A national sampling system would revive memories of the Assessment of Performance Unit, which used to sample a small proportion of pupils every year as a way of gauging national academic performance. The unit was phased out by the Conservatives in the 1990s following the introduction of national tests and league tables.

Dr Ken Boston, head of the QCA, told a conference last week on the future of A-levels that the current system of exam delivery was “not sustainable”.

He could not guarantee a smooth operation this year because of the sheer number of entries and the difficulties of recruiting the 50,000 examiners needed.

He said: “The total assessment load for students can and should be reduced across the full age range, and a substantial part of the assessment should be externally-moderated internal assessment.”

Dr Boston was aware that the Government had to ensure that cutting this load did not compromise its ability to monitor students’ performance.

But this was possible. Dr Boston said the QCA is interested in sampling systems used in the United States, in which only a proportion of pupils are tested to assess the quality of education across states or the nation.

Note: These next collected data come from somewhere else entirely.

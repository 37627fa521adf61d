ghost use Rattle.std.specs.Prelude.{◌≡◌, ◌<◌, ◌^◌, ◌++◌, true, nat_lt, map, length, OnOk, IfOk};
ghost use Rattle.std.specs.List.{list_all};
ghost use Rattle.c_prog.specs.Accesses.{touches};
ghost use Rattle.c_prog.specs.Order.{order, order_of, functions_order, step_order, tree_order};
ghost use Rattle.c_prog.specs.View.{seen};

use c_prog::{Function, NodeView, Program, Step, Stmt};
use cfix_base::NoMemory;
use std::alloc::Global;

fn add_step<'a>(nodes: &mut Vec<NodeView<'a>>, step: &'a Option<Step>) -> Result<(), NoMemory>
    ensures { OnOk result (map seen nodes.new.items ≡ map seen nodes.old.items ++ step_order step.now) }
{
    if let Some(step) = step {
        nodes.push(NodeView::Step(step))?;
    }
    Ok(())
}

#[cycle(order)]
fn add_nodes<'a>(nodes: &mut Vec<NodeView<'a>>, stmt: &'a Stmt) -> Result<(), NoMemory>
    ensures { OnOk result (map seen nodes.new.items ≡ map seen nodes.old.items ++ order stmt.now) }
{
    match stmt {
        Stmt::Simple { act, after } => {
            let after = after.as_slice();
            nodes.push(NodeView::Act { act, after })?;
            Ok(())
        }
        Stmt::Jump { jump, after } => {
            let after = after.as_slice();
            nodes.push(NodeView::Jump { jump, after })?;
            Ok(())
        }
        Stmt::If { cond, yes, no } => {
            nodes.push(NodeView::Cond(cond))?;
            add_list(nodes, yes.as_slice())?;
            add_list(nodes, no.as_slice())
        }
        Stmt::Loop { cond, step, body } => {
            nodes.push(NodeView::Cond(cond))?;
            add_step(nodes, step)?;
            add_list(nodes, body.as_slice())
        }
        Stmt::Block(body) => add_list(nodes, body.as_slice()),
    }
}

#[cycle(order)]
fn add_list<'a>(nodes: &mut Vec<NodeView<'a>>, list: &'a [Stmt]) -> Result<(), NoMemory>
    ensures { OnOk result (map seen nodes.new.items ≡ map seen nodes.old.items ++ order_of list.now) }
{
    for stmt in list {
        add_nodes(nodes, stmt)?;
    }
    Ok(())
}

// The nodes of functions in their order.
fn nodes_in(alloc: Global, functions: &[Function]) -> Result<Vec<NodeView<'_>>, NoMemory>
    ensures { IfOk result (λ nodes. map seen nodes.items ≡ functions_order functions.now) }
{
    let mut nodes = Vec::new(alloc);
    for function in functions {
        add_list(&mut nodes, function.body.as_slice())?;
    }
    Ok(nodes)
}

/// The nodes of a program in their order; they are few, and so are the accesses of each.
pub fn all_nodes(alloc: Global, program: &Program) -> Result<Vec<NodeView<'_>>, NoMemory>
    ensures seen { IfOk result (λ nodes. map seen nodes.items ≡ tree_order program.now) }
    ensures count { IfOk result (λ nodes. length nodes.items < 2 ^ 32) }
    ensures few { IfOk result (λ nodes. list_all (λ node. nat_lt (length (touches node)) (2 ^ 32)) (map seen nodes.items) ≡ true) }
{
    let tree = program.tree();
    let nodes = nodes_in(alloc, tree.functions.as_slice())?;
    Ok(nodes)
}
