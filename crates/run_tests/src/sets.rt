//! The sets and classes of the planner, which no command shows.
use cfix_base::{FnId, List, NodeId};
use plan_types::{Class, Classes, FnSet, NodeSet};
use std::test::Fail;

const MEMBERS: [u32; 5] = [0, 63, 64, 100, 129];

#[test]
fn sets_have_what_was_inserted(rt: HostRuntime) -> Result<(), Fail> {
    for size in [0u32, 1, 64, 65, 130] {
        let mut set = NodeSet::empty(rt.alloc(), size).expect(&rt, "memory");
        for number in MEMBERS {
            if number < set.size() {
                set.insert(NodeId { number });
            }
        }
        assert_eq!(rt; set.size(), size);
        for number in 0..140u32 {
            let is_member = MEMBERS.contains(&number) && number < size;
            assert_eq!(rt; set.contains(NodeId { number }), is_member);
        }
    }
    let mut set = FnSet::empty(rt.alloc(), 70).expect(&rt, "memory");
    if set.size() > 66 {
        set.insert(FnId { number: 66 });
    }
    assert_eq!(rt; set.size(), 70);
    for number in 0..80u32 {
        assert_eq!(rt; set.contains(FnId { number }), number == 66);
    }
    Ok(())
}

#[test]
fn the_classes_are_a_list(rt: HostRuntime) -> Result<(), Fail> {
    let alloc = rt.alloc();
    let mut classes = Classes::new(alloc);
    let mut reports = List::new(alloc);
    assert_eq!(rt; reports.push(3), Ok(()));
    let mut nodes = NodeSet::empty(alloc, 9).expect(&rt, "memory");
    if nodes.size() > 8 {
        nodes.insert(NodeId { number: 8 });
    }
    assert_eq!(rt; classes.push(Class { nodes, reports }), Ok(()));
    for class in classes.as_slice() {
        assert!(rt; class.nodes.contains(NodeId { number: 8 }));
        assert_eq!(rt; class.reports.len(), 1);
        for report in class.reports.as_slice() {
            assert_eq!(rt; *report, 3);
        }
    }
    assert_eq!(rt; classes.len(), 1);
    Ok(())
}
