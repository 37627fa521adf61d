//! The programs whose commands fail: a counter, and two threads that count up one variable.

pub const COUNTER: &[u8] = b"int count;\nint main(void) {\n    count++;\n}\n";

pub const COUNTER_REPORT: &[u8] = b"{\"reports\":[{\"kind\":\"atomicity\",
 \"p\":{\"line\":3,\"var\":\"count\",\"access\":\"read\"},
 \"c\":{\"line\":3,\"var\":\"count\",\"access\":\"write\"},
 \"r\":{\"line\":3,\"var\":\"count\",\"access\":\"write\"}}]}
";

/// What is written for it.
pub const COUNTER_PATCHED: &[u8] = b"#include <pthread.h>
#include <stdio.h>
#include \"cfix.h\"

int count = 0;

int main(void) {
    cfix_enter(0);
    count++;
    cfix_leave(0);
}
";

/// A canonical text, which is shown unchanged.
pub fn classic() -> &'static [u8] {
    b"#include <pthread.h>
#include <stdio.h>
#include \"cfix.h\"

int count = 0;

void *worker(void *arg);

void *worker(void *arg) {
    cfix_enter(0);
    count++;
    cfix_leave(0);
    return NULL;
}

int main(void) {
    pthread_t a;
    pthread_t b;
    pthread_create(&a, NULL, worker, NULL);
    pthread_create(&b, NULL, worker, NULL);
    pthread_join(a, NULL);
    pthread_join(b, NULL);
    printf(\"%d\\n\", count);
    return 0;
}
"
}

/// Fourteen steps of main, one of the first thread, and a timeout of the second.
pub const CLASSIC_ENTRIES: &[u8] = b"0\n0\n0\n0\n0\n0\n0\n0\n0\n0\n0\n0\n0\n0\n1\n2!\n";

pub fn classic_steps() -> &'static [u8] {
    b"1 0 begin 2
2 0 silent
3 0 silent
4 0 begin 3
5 0 silent
6 0 silent
7 0 begin 4
8 0 silent
9 0 create 1
10 0 silent
11 0 begin 5
12 0 silent
13 0 create 2
14 0 silent
15 1 enter 0
16 2 enter 0 missed
open
"
}

pub const OVERFLOW: &[u8] = b"int x; int main(void) { x = 2147483647; x++; return 0; }";

pub const OVERFLOW_ENTRIES: &[u8] = b"0\n0\n0\n0\n0\n0\n0\n0\n";

pub fn overflow_steps() -> &'static [u8] {
    b"1 0 begin 0
2 0 silent
3 0 write x 2147483647
4 0 silent
5 0 begin 1
6 0 read x 2147483647
7 0 silent
8 0 trap
trap overflow
"
}
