ghost use Rattle.std.specs.Prelude.{◌≡◌};
ghost use Rattle.first_form.specs.Straight.{in_region, inside};

/// The nodes of a critical region with its guard: one or two nodes of main.
#[derive(Clone, Copy, Debug, PartialEq, Eq)]
pub struct Region {
    pub here: u32,
    pub there: u32,
}

fn in_region(region: Region, node: usize) -> bool
    ensures { result ≡ in_region region.here region.there node }
{
    node == region.here as usize || node == region.there as usize
}

/// Whether the node is in the region, if there is one.
pub fn is_inside(region: Option<Region>, node: usize) -> bool
    ensures { result ≡ inside region node }
{
    match region {
        None => false,
        Some(region) => in_region(region, node),
    }
}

One method, he said, might be to assess the performance of children in each school every three years.

Kathleen Tattersall, chair of the Joint Council for General Qualifications, is also urging ministers to look at how the assessment load can be reduced while still assuring the public that standards are being maintained.

John Dunford, SHA general secretary, said: “There is widespread recognition that there is too much testing. The only question is where it should be reduced, and how.”